Fernstudierende dürfen Lieblingsstandorte einreichen

Sie ruft ihre Fernstudenten und alle Fernstudieninteressenten dazu auf, Städte für neue Studienzentren in Deutschland, Österreich und der Schweiz vorzuschlagen. Die IUBH hat bislang ein Netz von bislang 22 Studienzentren im deutschsprachigen Raum, das 2013 ausgebaut werden soll

Geeignete Studienstandorte sollten allerdings einige wenige Kriterien erfüllen: Eine Standort sollte nicht zu nah an den bestehenden Zentren liegen und mindestens 150.000 Einwohner haben und/oder ein Zentrum für die umliegende Region darstellen.

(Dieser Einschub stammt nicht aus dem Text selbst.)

//! Sets of offsets in a text.

ghost use Rattle.std.specs.Prelude.{◌≡◌, ◌↔◌, ◌⊎◌, ℕ, ◌≤◌, IsTrue, IfOk, length};
ghost use Rattle.jp_iregexp.specs.Tree.{class as class_tree};
ghost use Rattle.jp_iregexp.specs.Language.{Language};
ghost use Rattle.jp_match.specs.Private.ClassTests.{Makes};
ghost use Rattle.jp_match.specs.Private.Offset.{IsOver, Marked, Holds, IsImage, followed_count};
ghost use Rattle.jp_match.specs.Private.Rows.{IsOnly};

use crate::class_tests::Tests;
use crate::search::Ground;
use jp_iregexp::CharClass;
use std::alloc::{AllocError, Global};

/// Whether an offset is in the set, for the offset before each character and for the one at the end.
pub(crate) type Offsets = Vec<bool>;

/// A copy of the set.
pub(crate) fn copy_of(alloc: Global, offsets: &[bool]) -> Result<Offsets, AllocError>
    ensures { IfOk result (λ copy. copy.items ≡ offsets.now) }
{
    let mut copy = Vec::new(alloc);
    copy.extend_from_slice(offsets)?;
    Ok(copy)
}

/// None of so many offsets.
pub(crate) fn none(alloc: Global, count: usize) -> Result<Offsets, AllocError>
    ensures same_length { IfOk result (λ offsets. length offsets.items ≡ count) }
    ensures none { IfOk result (λ offsets. (offset : ℕ) → Marked offsets.items offset → ⊥) }
{
    vec![in alloc; false; count]
}

/// One offset of the text alone.
pub(crate) fn only(ground: Ground<'_>, offset: usize) -> Result<Offsets, AllocError>
    requires { offset ≤ length ground.text.now }
    ensures same_length { IfOk result (λ offsets. IsOver offsets.items ground.entry.text.now) }
    ensures only { IfOk result (λ offsets. IsOnly offsets.items offset) }
{
    let mut offsets = vec![in ground.alloc; false; ground.text.len() + 1]?;
    offsets[offset] = true;
    Ok(offsets)
}

/// Every offset of the text.
pub(crate) fn every(ground: Ground<'_>) -> Result<Offsets, AllocError>
    ensures same_length { IfOk result (λ offsets. IsOver offsets.items ground.entry.text.now) }
    ensures every { IfOk result (λ offsets. (offset : ℕ)
        → Marked offsets.items offset ↔ (offset ≤ length ground.entry.text.now)) }
{
    vec![in ground.alloc; true; ground.text.len() + 1]
}

/// Makes the set the same as the other.
pub(crate) fn assign(offsets: &mut Offsets, other: &Offsets)
    requires { length offsets.old.items ≡ length other.now.items }
    ensures { offsets.new.items ≡ other.now.items }
{
    offsets.copy_from_slice(other);
}

/// Takes every offset out of the set.
pub(crate) fn clear(offsets: &mut Offsets)
    ensures { Holds (λ offset. ⊥) offsets.old.items offsets.new.items }
{
    offsets.fill(false);
}

/// Whether any offset is in the set.
pub(crate) fn is_any(offsets: &[bool]) -> bool
    ensures { IsTrue result ↔ ((offset : ℕ) × Marked offsets.now offset) }
{
    offsets.contains(&true)
}

/// Whether the steps that led from one set to the next lead no further: there is no offset left, or
/// the offsets are those of before.
pub(crate) fn is_settled(offsets: &[bool], before: &[bool]) -> bool
    ensures { IsTrue result ↔ (((offset : ℕ) → Marked offsets.now offset
        → ⊥) ⊎ (offsets.now ≡ before.now)) }
{
    !is_any(offsets) || is_same(offsets, before)
}

/// Whether two sets are the same.
fn is_same(offsets: &[bool], other: &[bool]) -> bool
    ensures { IsTrue result ↔ (offsets.now ≡ other.now) }
{
    offsets == other
}

/// Adds the offsets of the other set.
pub(crate) fn unite(offsets: &mut Offsets, other: &[bool])
    requires { length offsets.old.items ≡ length other.now }
    ensures { Holds (λ offset. Marked offsets.old.items offset ⊎ Marked other.now offset)
        offsets.old.items offsets.new.items }
{
    for (i, also) in other.iter().enumerate() {
        offsets[i] = offsets[i] || *also;
    }
}

/// Takes out the offsets of the other set.
pub(crate) fn remove(offsets: &mut Offsets, other: &[bool])
    requires { length offsets.old.items ≡ length other.now }
    ensures { Holds (λ offset. Marked offsets.old.items offset × (Marked other.now offset → ⊥))
        offsets.old.items offsets.new.items }
{
    for (i, taken) in other.iter().enumerate() {
        offsets[i] = offsets[i] && !*taken;
    }
}

/// Moves each offset past the character that follows it, where the class holds that character. That
/// makes a class test for each offset of the set that a character follows.
pub(crate) fn shift(class: &CharClass, text: &[char], offsets: &mut Offsets, tests: &mut Tests)
    requires { IsOver offsets.old.items text.now }
    ensures image { IsImage (Language (class_tree class.now.negated class.now.elements.items))
        text.now offsets.old.items offsets.new.items }
    ensures tests { Makes (followed_count text.now offsets.old.items) tests.old tests.new }
{
    let mut arrives = false;
    for (i, c) in text.iter().enumerate() {
        let leaves = offsets[i];
        offsets[i] = arrives;
        arrives = leaves && tests.holds(class, *c);
    }
    offsets[text.len()] = arrives;
}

Vorschläge einreichen, aber nicht mitentscheiden

Vorschläge nimmt die IUBH, ganz modern scheinend, auf Facebook  oder – für die Facebook-Gegner – in ihrem Forum entgegen und wird diese bei der Planung berücksichtigen. Klingt ja alles sehr Social-Media-Like.

Schade ist allerdings, dass die Studierenden und zukünftigen Kunden zwar Ideen einreichen, dann aber nicht bei der Umsetzung mitentscheiden dürfen. Soviel Kundendemokratie war den Verantwortlichen dann wohl doch zu “gefährlich”.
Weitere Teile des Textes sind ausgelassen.